┌─ DATA SUPPLIED
//! Numbers of digits, and the increments of a rounding.
ghost use Rattle.std.specs.Prelude.{◌≡◌, ◌*◌, ◌^◌, ◌<◌, ◌≤◌, ◌⊎◌, true, false, IfOk, IfErr};
ghost use Rattle.decimal_digits.specs.Rounding.{step_of};
ghost use Rattle.number_format.specs.Increments.{is_increment};

use crate::digits::error::DigitOptionsError;
use fixed_decimal::RoundingIncrement;

/// The least and the greatest number of integer digits.
///
/// The least is at most 32,767; by 0 no integer digit has to be shown, so that 0.5 is `.5`. Digits above the greatest
/// are cut off after the rounding; by 32,768 none is.
#[derive(Clone, Copy, Debug, PartialEq)]
pub struct IntegerDigits {
    /// The least number of integer digits that is shown.
    pub min: u16,
    /// The greatest number of integer digits that is shown.
    pub max: u16,
    pub ghost few: { min ≤ 32767 },
    pub ghost ordered: { min ≤ max },
    pub ghost at_most: { max ≤ 32768 },
}

/// The least and the greatest number of fraction digits.
///
/// The least is at most 32,768. The greatest is at most 65,535, by which no number is rounded in any notation.
#[derive(Clone, Copy, Debug, PartialEq)]
pub struct FractionDigits {
    /// The least number of fraction digits that is shown.
    pub min: u16,
    /// The number of fraction digits to which a number is rounded.
    pub max: u16,
    pub ghost ordered: { min ≤ max },
    pub ghost few: { min ≤ 32768 },
}

/// The least and the greatest number of significant digits, 1 to 65,536.
#[derive(Clone, Copy, Debug, PartialEq)]
pub struct SignificantDigits {
    /// The least number of significant digits that is shown.
    pub min: u32,
    /// The number of significant digits to which a number is rounded; by 65,536 no number is rounded.
    pub max: u32,
    pub ghost some: { 0 < min },
    pub ghost ordered: { min ≤ max },
    pub ghost at_most: { max ≤ 65536 },
}

/// The increment of a rounding: 1, 2 or 5 with up to three zeros, or 25 with up to two.
#[derive(Clone, Copy, Debug, PartialEq)]
pub struct Increment {
    /// The increment without its zeros.
    pub base: RoundingIncrement,
    /// The number of zeros.
    pub zeros: u8,
    pub ghost few_zeros: { zeros ≤ 3 },
    pub ghost at_most: { step_of base * 10 ^ zeros ≤ 5000 },
}

/// A number of fraction digits, at most 32,768, and an increment in units of the last of them.
///
/// With 2 digits and the increment 5 a number is rounded to a multiple of 0.05.
#[derive(Clone, Copy, Debug, PartialEq)]
pub struct FractionMultiples {
    /// The number of fraction digits.
    pub digits: u16,
    /// The increment.
    pub increment: Increment,
    pub ghost at_most: { digits ≤ 32768 },
}

impl IntegerDigits {
    /// Makes a range of numbers of integer digits.
    ///
    /// # Errors
    ///
    /// `IntegerDigits`: the least number is above the greatest, or above 32,767; or the greatest is above 32,768.
    pub fn new(min: u16, max: u16) -> Result<IntegerDigits, DigitOptionsError>
        ensures ok { IfOk result (λ digits. (digits.min ≡ min) × (digits.max ≡ max)) }
        ensures err { IfErr result (λ e. (e ≡ DigitOptionsError.IntegerDigits)
            × ((max < min) ⊎ ((32767 < min) ⊎ (32768 < max)))) }
    {
        if min > max || min > 32767 || max > 32768 {
            return Err(DigitOptionsError::IntegerDigits);
        }
        Ok(IntegerDigits { min, max })
    }
}

impl FractionDigits {
    /// Makes a range of numbers of fraction digits.
    ///
    /// # Errors
    ///
    /// `FractionDigits`: the least number is above the greatest, or above 32,768.
    pub fn new(min: u16, max: u16) -> Result<FractionDigits, DigitOptionsError>
        ensures ok { IfOk result (λ digits. (digits.min ≡ min) × (digits.max ≡ max)) }
        ensures err { IfErr result (λ e. (e ≡ DigitOptionsError.FractionDigits) × ((max < min) ⊎ (32768 < min))) }
    {
        if min > max || min > 32768 {
            return Err(DigitOptionsError::FractionDigits);
        }
        Ok(FractionDigits { min, max })
    }
}

impl SignificantDigits {
    /// Makes a range of numbers of significant digits.
    ///
    /// # Errors
    ///
    /// `SignificantDigits`: the least number is 0 or above the greatest, or the greatest is above 65,536.
    pub fn new(min: u32, max: u32) -> Result<SignificantDigits, DigitOptionsError>
        ensures ok { IfOk result (λ digits. (digits.min ≡ min) × (digits.max ≡ max)) }
        ensures err { IfErr result (λ e. (e ≡ DigitOptionsError.SignificantDigits)
            × ((min ≡ 0) ⊎ ((max < min) ⊎ (65536 < max)))) }
    {
        if min == 0 || min > max || max > 65536 {
            return Err(DigitOptionsError::SignificantDigits);
        }
        Ok(SignificantDigits { min, max })
    }
}

impl Increment {
    /// Makes the increment of an integer: 1, 2, 5, 10, 20, 25, 50, 100, 200, 250, 500, 1000, 2000, 2500 or 5000.
    ///
    /// # Errors
    ///
    /// `Increment`: the integer is none of these.
    pub fn new(increment: u16) -> Result<Increment, DigitOptionsError>
        ensures ok { IfOk result (λ i. (step_of i.base * 10 ^ i.zeros ≡ increment) × (is_increment increment ≡ true)) }
        ensures err { IfErr result (λ e. (e ≡ DigitOptionsError.Increment) × (is_increment increment ≡ false)) }
    {
        let (base, zeros) = match increment {
            1 => (RoundingIncrement::MultiplesOf1, 0),
            2 => (RoundingIncrement::MultiplesOf2, 0),
            5 => (RoundingIncrement::MultiplesOf5, 0),
            10 => (RoundingIncrement::MultiplesOf1, 1),
            20 => (RoundingIncrement::MultiplesOf2, 1),
            25 => (RoundingIncrement::MultiplesOf25, 0),
            50 => (RoundingIncrement::MultiplesOf5, 1),
            100 => (RoundingIncrement::MultiplesOf1, 2),
            200 => (RoundingIncrement::MultiplesOf2, 2),
            250 => (RoundingIncrement::MultiplesOf25, 1),
            500 => (RoundingIncrement::MultiplesOf5, 2),
            1000 => (RoundingIncrement::MultiplesOf1, 3),
            2000 => (RoundingIncrement::MultiplesOf2, 3),
            2500 => (RoundingIncrement::MultiplesOf25, 2),
            5000 => (RoundingIncrement::MultiplesOf5, 3),
            _ => return Err(DigitOptionsError::Increment),
        };
        Ok(Increment { base, zeros })
    }

    /// Returns the increment as an integer.
    pub fn value(self) -> u16
        ensures value { result ≡ step_of self.base * 10 ^ self.zeros }
        ensures at_most { result ≤ 5000 }
    {
        let base: u16 = match self.base {
            RoundingIncrement::MultiplesOf1 => 1,
            RoundingIncrement::MultiplesOf2 => 2,
            RoundingIncrement::MultiplesOf5 => 5,
            RoundingIncrement::MultiplesOf25 => 25,
        };
        match self.zeros {
            0 => base,
            1 => base * 10,
            2 => base * 100,
            _ => base * 1000,
        }
    }
}

impl FractionMultiples {
    /// Makes the precision of a number of fraction digits and an increment.
    ///
    /// # Errors
    ///
    /// `FractionDigits`: more than 32,768 digits.
    pub fn new(digits: u16, increment: Increment) -> Result<FractionMultiples, DigitOptionsError>
        ensures ok { IfOk result (λ m. (m.digits ≡ digits) × (m.increment ≡ increment)) }
        ensures err { IfErr result (λ e. (e ≡ DigitOptionsError.FractionDigits) × (32768 < digits)) }
    {
        if digits > 32768 {
            return Err(DigitOptionsError::FractionDigits);
        }
        Ok(FractionMultiples { digits, increment })
    }
}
└─
DIRECTIONS FOR THIS TASK: The task calls for all the records above to be repeated exactly.

TASK OUTPUT:
//! Numbers of digits, and the increments of a rounding.
ghost use Rattle.std.specs.Prelude.{◌≡◌, ◌*◌, ◌^◌, ◌<◌, ◌≤◌, ◌⊎◌, true, false, IfOk, IfErr};
ghost use Rattle.decimal_digits.specs.Rounding.{step_of};
ghost use Rattle.number_format.specs.Increments.{is_increment};

use crate::digits::error::DigitOptionsError;
use fixed_decimal::RoundingIncrement;

/// The least and the greatest number of integer digits.
///
/// The least is at most 32,767; by 0 no integer digit has to be shown, so that 0.5 is `.5`. Digits above the greatest
/// are cut off after the rounding; by 32,768 none is.
#[derive(Clone, Copy, Debug, PartialEq)]
pub struct IntegerDigits {
    /// The least number of integer digits that is shown.
    pub min: u16,
    /// The greatest number of integer digits that is shown.
    pub max: u16,
    pub ghost few: { min ≤ 32767 },
    pub ghost ordered: { min ≤ max },
    pub ghost at_most: { max ≤ 32768 },
}

/// The least and the greatest number of fraction digits.
///
/// The least is at most 32,768. The greatest is at most 65,535, by which no number is rounded in any notation.
#[derive(Clone, Copy, Debug, PartialEq)]
pub struct FractionDigits {
    /// The least number of fraction digits that is shown.
    pub min: u16,
    /// The number of fraction digits to which a number is rounded.
    pub max: u16,
    pub ghost ordered: { min ≤ max },
    pub ghost few: { min ≤ 32768 },
}

/// The least and the greatest number of significant digits, 1 to 65,536.
#[derive(Clone, Copy, Debug, PartialEq)]
pub struct SignificantDigits {
    /// The least number of significant digits that is shown.
    pub min: u32,
    /// The number of significant digits to which a number is rounded; by 65,536 no number is rounded.
    pub max: u32,
    pub ghost some: { 0 < min },
    pub ghost ordered: { min ≤ max },
    pub ghost at_most: { max ≤ 65536 },
}

/// The increment of a rounding: 1, 2 or 5 with up to three zeros, or 25 with up to two.
#[derive(Clone, Copy, Debug, PartialEq)]
pub struct Increment {
    /// The increment without its zeros.
    pub base: RoundingIncrement,
    /// The number of zeros.
    pub zeros: u8,
    pub ghost few_zeros: { zeros ≤ 3 },
    pub ghost at_most: { step_of base * 10 ^ zeros ≤ 5000 },
}

/// A number of fraction digits, at most 32,768, and an increment in units of the last of them.
///
/// With 2 digits and the increment 5 a number is rounded to a multiple of 0.05.
#[derive(Clone, Copy, Debug, PartialEq)]
pub struct FractionMultiples {
    /// The number of fraction digits.
    pub digits: u16,
    /// The increment.
    pub increment: Increment,
    pub ghost at_most: { digits ≤ 32768 },
}

impl IntegerDigits {
    /// Makes a range of numbers of integer digits.
    ///
    /// # Errors
    ///
    /// `IntegerDigits`: the least number is above the greatest, or above 32,767; or the greatest is above 32,768.
    pub fn new(min: u16, max: u16) -> Result<IntegerDigits, DigitOptionsError>
        ensures ok { IfOk result (λ digits. (digits.min ≡ min) × (digits.max ≡ max)) }
        ensures err { IfErr result (λ e. (e ≡ DigitOptionsError.IntegerDigits)
            × ((max < min) ⊎ ((32767 < min) ⊎ (32768 < max)))) }
    {
        if min > max || min > 32767 || max > 32768 {
            return Err(DigitOptionsError::IntegerDigits);
        }
        Ok(IntegerDigits { min, max })
    }
}

impl FractionDigits {
    /// Makes a range of numbers of fraction digits.
    ///
    /// # Errors
    ///
    /// `FractionDigits`: the least number is above the greatest, or above 32,768.
    pub fn new(min: u16, max: u16) -> Result<FractionDigits, DigitOptionsError>
        ensures ok { IfOk result (λ digits. (digits.min ≡ min) × (digits.max ≡ max)) }
        ensures err { IfErr result (λ e. (e ≡ DigitOptionsError.FractionDigits) × ((max < min) ⊎ (32768 < min))) }
    {
        if min > max || min > 32768 {
            return Err(DigitOptionsError::FractionDigits);
        }
        Ok(FractionDigits { min, max })
    }
}

impl SignificantDigits {
    /// Makes a range of numbers of significant digits.
    ///
    /// # Errors
    ///
    /// `SignificantDigits`: the least number is 0 or above the greatest, or the greatest is above 65,536.
    pub fn new(min: u32, max: u32) -> Result<SignificantDigits, DigitOptionsError>
        ensures ok { IfOk result (λ digits. (digits.min ≡ min) × (digits.max ≡ max)) }
        ensures err { IfErr result (λ e. (e ≡ DigitOptionsError.SignificantDigits)
            × ((min ≡ 0) ⊎ ((max < min) ⊎ (65536 < max)))) }
    {
        if min == 0 || min > max || max > 65536 {
            return Err(DigitOptionsError::SignificantDigits);
        }
        Ok(SignificantDigits { min, max })
    }
}

impl Increment {
    /// Makes the increment of an integer: 1, 2, 5, 10, 20, 25, 50, 100, 200, 250, 500, 1000, 2000, 2500 or 5000.
    ///
    /// # Errors
    ///
    /// `Increment`: the integer is none of these.
    pub fn new(increment: u16) -> Result<Increment, DigitOptionsError>
        ensures ok { IfOk result (λ i. (step_of i.base * 10 ^ i.zeros ≡ increment) × (is_increment increment ≡ true)) }
        ensures err { IfErr result (λ e. (e ≡ DigitOptionsError.Increment) × (is_increment increment ≡ false)) }
    {
        let (base, zeros) = match increment {
            1 => (RoundingIncrement::MultiplesOf1, 0),
            2 => (RoundingIncrement::MultiplesOf2, 0),
            5 => (RoundingIncrement::MultiplesOf5, 0),
            10 => (RoundingIncrement::MultiplesOf1, 1),
            20 => (RoundingIncrement::MultiplesOf2, 1),
            25 => (RoundingIncrement::MultiplesOf25, 0),
            50 => (RoundingIncrement::MultiplesOf5, 1),
            100 => (RoundingIncrement::MultiplesOf1, 2),
            200 => (RoundingIncrement::MultiplesOf2, 2),
            250 => (RoundingIncrement::MultiplesOf25, 1),
            500 => (RoundingIncrement::MultiplesOf5, 2),
            1000 => (RoundingIncrement::MultiplesOf1, 3),
            2000 => (RoundingIncrement::MultiplesOf2, 3),
            2500 => (RoundingIncrement::MultiplesOf25, 2),
            5000 => (RoundingIncrement::MultiplesOf5, 3),
            _ => return Err(DigitOptionsError::Increment),
        };
        Ok(Increment { base, zeros })
    }

    /// Returns the increment as an integer.
    pub fn value(self) -> u16
        ensures value { result ≡ step_of self.base * 10 ^ self.zeros }
        ensures at_most { result ≤ 5000 }
    {
        let base: u16 = match self.base {
            RoundingIncrement::MultiplesOf1 => 1,
            RoundingIncrement::MultiplesOf2 => 2,
            RoundingIncrement::MultiplesOf5 => 5,
            RoundingIncrement::MultiplesOf25 => 25,
        };
        match self.zeros {
            0 => base,
            1 => base * 10,
            2 => base * 100,
            _ => base * 1000,
        }
    }
}

impl FractionMultiples {
    /// Makes the precision of a number of fraction digits and an increment.
    ///
    /// # Errors
    ///
    /// `FractionDigits`: more than 32,768 digits.
    pub fn new(digits: u16, increment: Increment) -> Result<FractionMultiples, DigitOptionsError>
        ensures ok { IfOk result (λ m. (m.digits ≡ digits) × (m.increment ≡ increment)) }
        ensures err { IfErr result (λ e. (e ≡ DigitOptionsError.FractionDigits) × (32768 < digits)) }
    {
        if digits > 32768 {
            return Err(DigitOptionsError::FractionDigits);
        }
        Ok(FractionMultiples { digits, increment })
    }
}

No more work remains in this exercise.